> **Work to be completed**
Give back the lines of the records exactly, starting at the first and ending at the one with "use xbar_office::End;".

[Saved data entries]
>>
//! Two desks, each on its own thread, that dial at once.

ghost use Rattle.std.specs.Prelude.{◌≡◌, All, vec_len};
ghost use Rattle.xbar_fabric.specs.Views.{IsDeskOf};

use super::driving::{DeskAtWork, Task, on_threads, run_on};
use super::ending::check_end;
use crate::fixtures::{example, open_fabric};
use crate::offices::MOST_STEPS_ALONE;
use std::alloc::Global;
use std::process::Abort;
use std::thread::Threads;
use test_tools::{check, check_eq};
use xbar_fabric::{Fabric, Given, Kind, meet};
use xbar_office::End;
use xbar_plan::Plan;

mod one_shuts;

/// Takes the last desk at work.
fn last_at_work(rt: &impl Abort, _fabric: &Fabric, shifts: &mut Vec<DeskAtWork>) -> DeskAtWork
    requires { All (λ shift. IsDeskOf shift.desk _fabric.now) shifts.old.items }
    ensures rest { All (λ shift. IsDeskOf shift.desk _fabric.now) shifts.new.items }
    ensures desk { IsDeskOf result.desk _fabric.now }
{
    let Some(shift) = shifts.pop() else {
        panic!(rt; "both desks come back");
    };
    shift
}

/// Runs a desk past its turn on to the end of its job. Any other gives back.
fn end_or_give_back(fabric: &Fabric, shift: &mut DeskAtWork)
    requires { IsDeskOf shift.old.desk fabric.now }
    ensures { IsDeskOf shift.new.desk fabric.now }
{
    if let Given::PastTurn = shift.desk.give_back(fabric) {
        let _ended = run_on(fabric, shift, MOST_STEPS_ALONE);
    }
}

/// Ends what two threads left undone: the jobs past their turn, and then each job alone. Then both
/// desks meet.
fn settle(rt: &impl Abort, fabric: &Fabric, zero: &mut DeskAtWork, one: &mut DeskAtWork)
    requires zero { IsDeskOf zero.old.desk fabric.now }
    requires one { IsDeskOf one.old.desk fabric.now }
    ensures zero { IsDeskOf zero.new.desk fabric.now }
    ensures one { IsDeskOf one.new.desk fabric.now }
{
    end_or_give_back(fabric, zero);
    end_or_give_back(fabric, one);
    check!(rt; run_on(fabric, zero, MOST_STEPS_ALONE), "the job of desk 0 ends");
    check!(rt; run_on(fabric, one, MOST_STEPS_ALONE), "the job of desk 1 ends");
    meet(fabric, &mut zero.desk, &mut one.desk);
}

/// A list of both desks at work.
fn both(
    rt: &impl Abort,
    alloc: Global,
    _fabric: &Fabric,
    zero: DeskAtWork,
    one: DeskAtWork,
) -> Vec<DeskAtWork>
    requires zero { IsDeskOf zero.desk _fabric.now }
    requires one { IsDeskOf one.desk _fabric.now }
    ensures desks { All (λ shift. IsDeskOf shift.desk _fabric.now) result.items }
    ensures count { vec_len result ≡ 2 }
{
    let Ok(shifts) = vec![in alloc; zero, one] else {
        panic!(rt; "there is memory for two desks");
    };
    shifts
}

/// Has two threads make at most `most` steps each, and ends their jobs. Then both lines have
/// registers, by the records and by the words.
fn check_two_dials<R: Threads + Sync + Abort>(rt: &R, alloc: Global, plan: &Plan, most: u32) {
    let (fabric, desks) = open_fabric(rt, alloc, plan, &[Kind::Combined; 2]);
    let mut shifts = on_threads(rt, alloc, &fabric, desks, Task::Dial(most));
    let mut one = last_at_work(rt, &fabric, &mut shifts);
    let mut zero = last_at_work(rt, &fabric, &mut shifts);
    settle(rt, &fabric, &mut zero, &mut one);
    let shifts = both(rt, alloc, &fabric, zero, one);
    let records = check_end(rt, alloc, plan, fabric, shifts);
    let ends = records.iter().map(|record| record.reply.end);
    let dialled = ends.filter(|end| matches!(end, End::DialTone { .. }));
    check_eq!(rt; (records.len(), dialled.count()), (2, 2), "after {most} steps at most");
}

#[test]
fn two_threads_dial_at_once(rt: HostRuntime) {
    let plan = example(&rt, rt.alloc());
    for _made in 0..200 {
        check_two_dials(&rt, rt.alloc(), &plan, 10_000);
    }
    // What the threads leave undone after `most` steps is ended.
    for most in 0..30 {
        check_two_dials(&rt, rt.alloc(), &plan, most);
    }
}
<<
> **Final answer**
//! Two desks, each on its own thread, that dial at once.

ghost use Rattle.std.specs.Prelude.{◌≡◌, All, vec_len};
ghost use Rattle.xbar_fabric.specs.Views.{IsDeskOf};

use super::driving::{DeskAtWork, Task, on_threads, run_on};
use super::ending::check_end;
use crate::fixtures::{example, open_fabric};
use crate::offices::MOST_STEPS_ALONE;
use std::alloc::Global;
use std::process::Abort;
use std::thread::Threads;
use test_tools::{check, check_eq};
use xbar_fabric::{Fabric, Given, Kind, meet};
use xbar_office::End;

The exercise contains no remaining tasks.